Helen Maria Roser (January 6, 1903 – March 16, 1992) was an American nurse and nursing educator. She was associate director of the Hartford Hospital School of Nursing, and co-author of an anatomy and physiology textbook for nurses.

== Early life and education ==
Roser was from Glastonbury, Connecticut, the daughter of Herman Roser and Maria Ursula Heim Roser. Both of her parents were immigrants from Germany; her father was president of a tannery, and her mother was a founding member of the Visiting Nurses Association in Glastonbury. Helen Roser graduated from Mount Holyoke College in 1925. She earned a nursing degree from Columbia University School of Nursing and a master's degree from Teachers College, Columbia University.

== Career ==
Roser was a nurse and nursing educator. She was head nurse at the Columbia-Presbyterian Medical Center in New York, and taught nursing courses at Columbia University. She was co-author of Anatomy and physiology laboratory manual and study guide (1939, 1943, 1948), with Barry Griffith King; the textbook went through several editions in the 1940s. During World War II, she was director of nursing education at the Institute of Living, a psychiatric facility in Hartford.
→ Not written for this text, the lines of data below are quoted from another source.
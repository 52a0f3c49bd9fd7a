//! Reads the grammar file `book.rbk` in the current folder and lines from standard input, and prints what each line is,
//! found by trying all trees. How it reads its input, cuts words, counts trees, tells faults and prints is apart from the
//! reader's crates: this program is compared with it.

#![tactic(auto)]

mod book;
mod conflicts;
mod fault;
mod forest;
mod position;
mod prefixes;
mod trees;
mod verdict;
mod words;

use book::Book;
use fault::LineError;
use files::spelled::SpelledDraft;
use std::io::Read;
use std::{fs, io};
use verdict::verdict_of;

// All that standard input has.
fn read_input(rt: &HostRuntime) -> io::Result<Vec<u8>> {
    let mut input = Vec::new(rt.alloc());
    rt.stdin().read_to_end(&mut input)?;
    Ok(input)
}

// Prints a line's number and what the line is.
fn print_verdict(rt: &HostRuntime, book: &Book, number: usize, line: &[u8]) -> io::Result<()> {
    match verdict_of(rt.alloc(), book, line) {
        Ok(trees) => println!(rt; "{number} {trees}"),
        Err(LineError::Refused(fault)) => println!(rt; "{number} {fault}"),
        Err(LineError::Memory(error)) => Err(io::Error::from(error)),
    }
}

// Prints what each line of the input is, and how many lines there are. The last one may lack its line feed.
fn print_lines(rt: &HostRuntime, book: &Book, input: &[u8]) -> io::Result<()> {
    // (counted here, since the number of lines is printed behind them)
    let mut count = 0;
    for line in input.split_inclusive(|byte| *byte == b'\n') {
        count += 1;
        let line = line.strip_suffix(b"\n").unwrap_or(line);
        print_verdict(rt, book, count, line)?;
    }
    println!(rt; "lines {count}")
}

// Prints what the book is and, where it is read, what each line of the input is.
fn run(rt: &HostRuntime) -> io::Result<()> {
    let text = fs::read(rt, "book.rbk")?;
    let mut spelled = SpelledDraft::new();
    if let Err(fault) = spelled.read(text.as_slice()) {
        let number = fault.refusal.number();
        let line = fault.line;
        return println!(rt; "book refused {number} line {line}");
    }
    let productions = spelled.draft.production_count();
    let rules = spelled.draft.rule_count();
    println!(rt; "RBK 1 productions {productions} rules {rules}")?;
    let book = Book::new(rt.alloc(), spelled)?;
    let input = read_input(rt)?;
    print_lines(rt, &book, input.as_slice())
}

fn main(rt: HostRuntime) -> io::Result<()> {
    run(&rt)
}
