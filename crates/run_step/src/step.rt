ghost use Rattle.binary_heap.specs.Heaps.{held};
ghost use Rattle.run_file.specs.Records.{asked};
ghost use Rattle.run_step.specs.States.{in_use_of};
ghost use Rattle.run_step.specs.Steps.{StepsInto};

use crate::edit;
use crate::fault::RecordFault::{EditOpen, NoEdit};
use crate::heaps::State::{Closed, Open};
use crate::heaps::{Heaps, Stepped, at_rest, in_edit};
use crate::rest::{append, drain, pop_if, push, repeat, retain, row};
use keepers::ration::Ration;
use kinds::kind::Kind;
use run_file::record::Record;
use run_lines::reply::Reply::{Done, Element, Moved};

// Carries a record out, or refuses it. Elements that it answers are put at the front of the list.
#[tactic(auto, using(crate::proofs::Acting::acts_into))]
pub fn step<'a, K: Kind>(heaps: Heaps<'a, K>, record: Record<'_>, list: &mut [K]) -> Stepped<'a, K>
    ensures { StepsInto K.Element.ordering K.codec list.new (in_use_of heaps.entry.state) (held heaps.entry.other) (asked «record».entry) result }
{
    let Heaps { state, mut other } = heaps;
    // Together, since each refuses by the other.
    match (state, record) {
        (Closed(mut heap), Record::Push(bytes)) => at_rest(push(&mut heap, bytes), heap, other),
        (Closed(mut heap), Record::Pop) => at_rest(Ok(Element(heap.pop())), heap, other),
        (Closed(heap), Record::Peek) => at_rest(Ok(Element(heap.peek().copied())), heap, other),
        (Closed(mut heap), Record::PopIf(bytes)) => at_rest(pop_if(&mut heap, bytes), heap, other),
        (Closed(mut heap), Record::Repeat(count, bytes)) => {
            at_rest(repeat(&mut heap, count, bytes), heap, other)
        }
        (Closed(mut heap), Record::Retain(bytes)) => at_rest(retain(&mut heap, bytes), heap, other),
        (Closed(mut heap), Record::Ration(count)) => {
            heap.retain(&mut Ration::new(count as usize));
            at_rest(Ok(Done), heap, other)
        }
        (Closed(mut heap), Record::Append) => at_rest(append(&mut heap, &mut other), heap, other),
        (Closed(heap), Record::Swap) => at_rest(Ok(Done), other, heap),
        (Closed(mut heap), Record::Clear) => {
            heap.clear();
            at_rest(Ok(Done), heap, other)
        }
        (Closed(mut heap), Record::Drain) => at_rest(drain(&mut heap, list), heap, other),
        (Closed(heap), Record::Row) => at_rest(row(&heap, list), heap, other),
        (Closed(heap), Record::PeekMut) => in_edit(Ok(Done), heap.peek_mut(), other),
        (Open(edit), Record::Peek) => in_edit(Ok(Element(edit.peek().copied())), edit, other),
        (Open(mut edit), Record::Set(bytes)) => in_edit(edit::set(&mut edit, bytes), edit, other),
        (Open(mut edit), Record::Refresh) => in_edit(Ok(Moved(edit.refresh())), edit, other),
        (Open(edit), Record::EditPop) => {
            let (heap, front) = edit::pop(edit);
            at_rest(Ok(Element(front)), heap, other)
        }
        (Open(edit), Record::Close) => at_rest(Ok(Done), edit.close(), other),
        // `Extend` is among them until it is built.
        (Closed(heap), _) => at_rest(Err(NoEdit), heap, other),
        (Open(edit), _) => in_edit(Err(EditOpen), edit, other),
    }
}
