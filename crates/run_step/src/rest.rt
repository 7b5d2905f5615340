// What records do while no edit is open.
ghost use Rattle.std.specs.Prelude.{◌≡◌, List, length};
ghost use Rattle.heap_model.specs.Calls.{drained, drain_answer};
ghost use Rattle.heap_model.specs.Growth.{appended, appended_from, append_answer};
ghost use Rattle.binary_heap.specs.Heaps.{held, row_of};
ghost use Rattle.run_file.specs.Records.{PU, PI, RP, RE};
ghost use Rattle.run_step.specs.States.{resting, told_of};
ghost use Rattle.run_step.specs.Steps.{Acts, as_list, only_done};

use crate::fault::RecordFault;
use binary_heap::BinaryHeap;
use heap_model::fault::HeapFault;
use keepers::ceiling::Ceiling;
use kinds::kind::Kind;
use run_lines::reply::Reply;
use supplies::repeat::Repeat;

pub(crate) fn push<K: Kind>(
    heap: &mut BinaryHeap<'_, K>,
    bytes: &[u8],
) -> Result<Reply<K>, RecordFault>
    ensures { Acts K.Element.ordering K.codec (resting (held heap.old)) (resting (held heap.new)) (PU bytes.now) result }
{
    heap.push(K::decode(bytes)?)?;
    Ok(Reply::Done)
}

pub(crate) fn pop_if<K: Kind>(
    heap: &mut BinaryHeap<'_, K>,
    bytes: &[u8],
) -> Result<Reply<K>, RecordFault>
    ensures { Acts K.Element.ordering K.codec (resting (held heap.old)) (resting (held heap.new)) (PI bytes.now) result }
{
    let mut ceiling = Ceiling::new(K::decode(bytes)?);
    Ok(Reply::Element(heap.pop_if(&mut ceiling)))
}

pub(crate) fn repeat<K: Kind>(
    heap: &mut BinaryHeap<'_, K>,
    count: u16,
    bytes: &[u8],
) -> Result<Reply<K>, RecordFault>
    ensures { Acts K.Element.ordering K.codec (resting (held heap.old)) (resting (held heap.new)) (RP count bytes.now) result }
{
    let mut supply = Repeat::new(K::decode(bytes)?, count as usize);
    Ok(Reply::Count(heap.extend(&mut supply)?))
}

pub(crate) fn retain<K: Kind>(
    heap: &mut BinaryHeap<'_, K>,
    bytes: &[u8],
) -> Result<Reply<K>, RecordFault>
    ensures { Acts K.Element.ordering K.codec (resting (held heap.old)) (resting (held heap.new)) (RE bytes.now) result }
{
    heap.retain(&mut Ceiling::new(K::decode(bytes)?));
    Ok(Reply::Done)
}

pub(crate) fn append<K: Kind>(
    heap: &mut BinaryHeap<'_, K>,
    other: &mut BinaryHeap<'_, K>,
) -> Result<Reply<K>, RecordFault>
    ensures heap { held heap.new ≡ appended K.Element.ordering (held heap.old) (held other.old) }
    ensures other { held other.new ≡ appended_from (held heap.old) (held other.old) }
    ensures answer { (list : List K) → told_of list result ≡ only_done (append_answer (held heap.old) (held other.old)) }
{
    heap.append(other)?;
    Ok(Reply::Done)
}

#[tactic(auto, unfolding(heap_model::specs::Calls::drain_answer, heap_model::specs::Calls::drained_to))]
pub(crate) fn drain<K: Kind>(
    heap: &mut BinaryHeap<'_, K>,
    list: &mut [K],
) -> Result<Reply<K>, RecordFault>
    ensures heap { held heap.new ≡ drained (length list.new) (held heap.old) }
    ensures answer { told_of list.new result ≡ as_list (row_of heap.old) (drain_answer (length list.new) (held heap.old)) }
{
    Ok(Reply::Elements(heap.drain(list)?))
}

// Copies the row to the front of the list.
#[tactic(auto, unfolding(heap_model::specs::Calls::drain_answer))]
pub(crate) fn row<K: Kind>(
    heap: &BinaryHeap<'_, K>,
    list: &mut [K],
) -> Result<Reply<K>, RecordFault>
    ensures { told_of list.new result ≡ as_list (row_of heap.now) (drain_answer (length list.old) (held heap.now)) }
{
    let count = heap.len();
    if list.len() < count {
        return Err(HeapFault::ShortList.into());
    }
    copy_row(heap, &mut list[..count]);
    Ok(Reply::Elements(count))
}

#[tactic(auto, using(crate::proofs::Listing::item_copied, crate::proofs::Listing::item_there))]
fn copy_row<K: Kind>(heap: &BinaryHeap<'_, K>, list: &mut [K])
    requires { length list.old ≡ length (row_of heap.now) }
    ensures { list.new ≡ row_of heap.now }
{
    'row: for (i, place) in list.iter_mut().enumerate() {
        // `get` answers an option, though there is an element at every i.
        if let Some(x) = heap.get(i) {
            *place = *x;
        }
    }
}
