ghost use Rattle.std.specs.Prelude.{◌≡◌, ℕ};
ghost use Rattle.run_step.specs.Lives.{BothPromised};
ghost use Rattle.run_step.specs.States.{both, begun};

use crate::fault::RecordFault;
use binary_heap::BinaryHeap;
use binary_heap::edit::PeekMut;
use kinds::kind::Kind;
use run_lines::reply::Reply;

// The heap in use: at rest, or in an edit.
#[derive(Drop)]
pub enum State<'a, T> {
    Closed(BinaryHeap<'a, T>),
    Open(PeekMut<'a, T>),
}

// The two heaps of a run.
#[derive(Drop)]
pub struct Heaps<'a, T> {
    pub(crate) state: State<'a, T>,
    pub(crate) other: BinaryHeap<'a, T>,
}

// The heaps after a record, and its answer.
#[derive(Drop)]
pub struct Stepped<'a, T> {
    pub heaps: Heaps<'a, T>,
    pub answer: Result<Reply<T>, RecordFault>,
}

impl<'a, K: Kind> Heaps<'a, K> {
    #[tactic(auto, using(crate::proofs::Living::both_promised))]
    pub fn new(first: &'a mut [K], second: &'a mut [K]) -> Heaps<'a, K>
        ensures heaps { both result ≡ begun first.old second.old }
        ensures promise { (room : ℕ) → BothPromised K.Element.ordering K.codec room }
    {
        Heaps {
            state: State::Closed(BinaryHeap::new(first)),
            other: BinaryHeap::new(second),
        }
    }
}

// The answer stands first, since what makes it may still act on the heap in place. Two functions, so
// that no arm of the step names the state that it leaves.
pub(crate) fn at_rest<'a, T>(
    answer: Result<Reply<T>, RecordFault>,
    heap: BinaryHeap<'a, T>,
    other: BinaryHeap<'a, T>,
) -> Stepped<'a, T>
    ensures { result ≡ record { heaps = record { state = State.Closed heap.entry; other = other.entry }; answer = answer } }
{
    Stepped {
        heaps: Heaps {
            state: State::Closed(heap),
            other,
        },
        answer,
    }
}

pub(crate) fn in_edit<'a, T>(
    answer: Result<Reply<T>, RecordFault>,
    edit: PeekMut<'a, T>,
    other: BinaryHeap<'a, T>,
) -> Stepped<'a, T>
    ensures { result ≡ record { heaps = record { state = State.Open edit.entry; other = other.entry }; answer = answer } }
{
    Stepped {
        heaps: Heaps {
            state: State::Open(edit),
            other,
        },
        answer,
    }
}
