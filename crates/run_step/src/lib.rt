#![tactic(auto)]

mod edit;
pub mod fault;
pub mod heaps;
mod rest;
pub mod step;
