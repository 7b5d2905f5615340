ghost use Rattle.std.specs.Prelude.{◌≡◌};
ghost use Rattle.run_step.specs.declared.fault.RecordFault.TheVariants.{Heap as OfHeap, Element as OfElement};
ghost use Rattle.run_step.specs.Faults.{refuses_record};

use elements::refusal::{Fault, Refusal};
use heap_model::fault::HeapFault;
use kinds::fault::ElementFault;

// Why a record that was read whole was refused.
#[derive(Clone, Copy, Debug, PartialEq, Eq)]
pub enum RecordFault {
    Heap(HeapFault),
    Element(ElementFault),
    EditOpen,
    NoEdit,
}

// By hand, so that a clause can say which case a `?` makes.
impl From<HeapFault> for RecordFault {
    ghost from_gives = { λ fault r. r ≡ OfHeap fault };

    fn from(fault: HeapFault) -> RecordFault {
        RecordFault::Heap(fault)
    }
}

// By hand, so that a clause can say which case a `?` makes.
impl From<ElementFault> for RecordFault {
    ghost from_gives = { λ fault r. r ≡ OfElement fault };

    fn from(fault: ElementFault) -> RecordFault {
        RecordFault::Element(fault)
    }
}

impl Fault for RecordFault {
    ghost refuses = { refuses_record };

    fn refusal(&self) -> Refusal {
        match self {
            RecordFault::Heap(fault) => fault.refusal(),
            RecordFault::Element(fault) => fault.refusal(),
            RecordFault::EditOpen => Refusal::by(10),
            RecordFault::NoEdit => Refusal::by(11),
        }
    }
}
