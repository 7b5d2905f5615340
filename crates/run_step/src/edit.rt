// What records do during an edit.
ghost use Rattle.std.specs.Prelude.{◌≡◌};
ghost use Rattle.heap_model.specs.Calls.{pop_answer, popped};
ghost use Rattle.binary_heap.specs.Edits.{edited};
ghost use Rattle.binary_heap.specs.Heaps.{held};
ghost use Rattle.run_file.specs.Records.{SE};
ghost use Rattle.run_step.specs.States.{edit as editing};
ghost use Rattle.run_step.specs.Steps.{Acts};

use crate::fault::RecordFault;
use binary_heap::BinaryHeap;
use binary_heap::edit::PeekMut;
use kinds::kind::Kind;
use run_lines::reply::Reply;

pub(crate) fn set<K: Kind>(edit: &mut PeekMut<'_, K>, bytes: &[u8]) -> Result<Reply<K>, RecordFault>
    ensures { Acts K.Element.ordering K.codec (editing (edited edit.old)) (editing (edited edit.new)) (SE bytes.now) result }
{
    edit.set(K::decode(bytes)?)?;
    Ok(Reply::Done)
}

// The heap, at rest again, and the front that left it.
pub(crate) fn pop<K: Kind>(edit: PeekMut<'_, K>) -> (BinaryHeap<'_, K>, Option<K>)
    ensures heap { held result.0 ≡ popped K.Element.ordering (edited edit.entry).heap }
    ensures front { result.1 ≡ pop_answer (edited edit.entry).heap }
{
    let mut place = K::blank();
    let mut wrote = false;
    let heap = edit.pop(&mut place, &mut wrote);
    (heap, wrote.then_some(place))
}
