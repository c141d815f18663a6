// The rows that a record is held against and kept in, and which records hear and tell. Thread q has row q. The place of number n has three rows, the first
// at 8 + 3 n: what its monitor's releases or its volatile writes tell, its plain accesses, and its plain writes.
#![tactic(auto)]

ghost use Rattle.std.specs.Prelude.{◌≡◌, cond, ◌≤◌};
ghost use Rattle.format.specs.Version.{version_of};
ghost use Rattle.log_rows.specs.Inner.Rows.{place_row, is_access, ordering_kind, passes, held_row, kept_row};

use log_records::kind;

// Chooses without a branch, since a log's kinds follow no pattern.
pub fn choose(test: bool, yes: usize, no: usize) -> usize
    ensures { result ≡ cond test yes no }
{
    if test { yes } else { no }
}

// The first row of the place of a number.
pub fn first(number: u16) -> usize
    ensures { result ≡ place_row number }
{
    8 + 3 * number as usize
}

// A plain access: a read or a write, or one that lacks its key, whose kind is 8 more.
pub fn access(kind: usize) -> bool
    ensures { result ≡ is_access kind }
{
    (kind % 8 == kind::READ) | (kind % 8 == kind::WRITE)
}

// A kind of volatile access, where the version lets it order something, or 12, which is no record's kind.
pub fn ordering(version: usize, volatile: usize) -> usize
    ensures { result ≡ ordering_kind (version_of version) volatile }
{
    if version == 1 { volatile } else { 12 }
}

// One of the two kinds that pass on what has come to the place: of its monitor, or of its volatile field.
fn passing(kind: usize, monitor: usize, volatile: usize) -> bool
    ensures { result ≡ passes monitor volatile kind }
{
    (kind == monitor) | (kind == volatile)
}

// A record that hears what has come to its place: an acquire, a volatile read of the kind that orders something.
pub fn hears(kind: usize, volatile: usize) -> bool
    ensures { result ≡ passes 6 volatile kind }
{
    passing(kind, kind::ACQUIRE, volatile)
}

// A record that tells its place what its thread knows: a release, a volatile write of the kind that orders something.
pub fn tells(kind: usize, volatile: usize) -> bool
    ensures { result ≡ passes 7 volatile kind }
{
    passing(kind, kind::RELEASE, volatile)
}

// The row that a plain access must have heard: a write that of the field's accesses, a read that of its writes.
pub fn held(kind: usize, at: usize) -> usize
    requires { at ≤ 65536 }
    ensures { result ≡ held_row kind at }
{
    choose(kind % 8 == kind::WRITE, at + 1, at + 2)
}

// The row that a plain access is kept in besides that of the field's accesses: a write in that of its writes.
pub fn kept(kind: usize, at: usize) -> usize
    requires { at ≤ 65536 }
    ensures { result ≡ kept_row kind at }
{
    choose(kind % 8 == kind::WRITE, at + 2, at + 1)
}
She was assistant executive secretary of the American Nurses Association's Professional Counseling and Placement Service from 1945 to 1953, based at ANA's headquarters in Maryland. In 1947, she spoke at the annual meeting of the National Association of Colored Graduate Nurses, in Atlanta.

She was associate director of the Hartford Hospital School of Nursing in Connecticut from 1953 until she retired in 1968. In retirement, she was active with the Visiting Nurses Association, the Women's Board of Hartford Seminary, and the Campfire Girls.

== Personal life ==
Roser died in 1992, in Hartford, aged 89 years.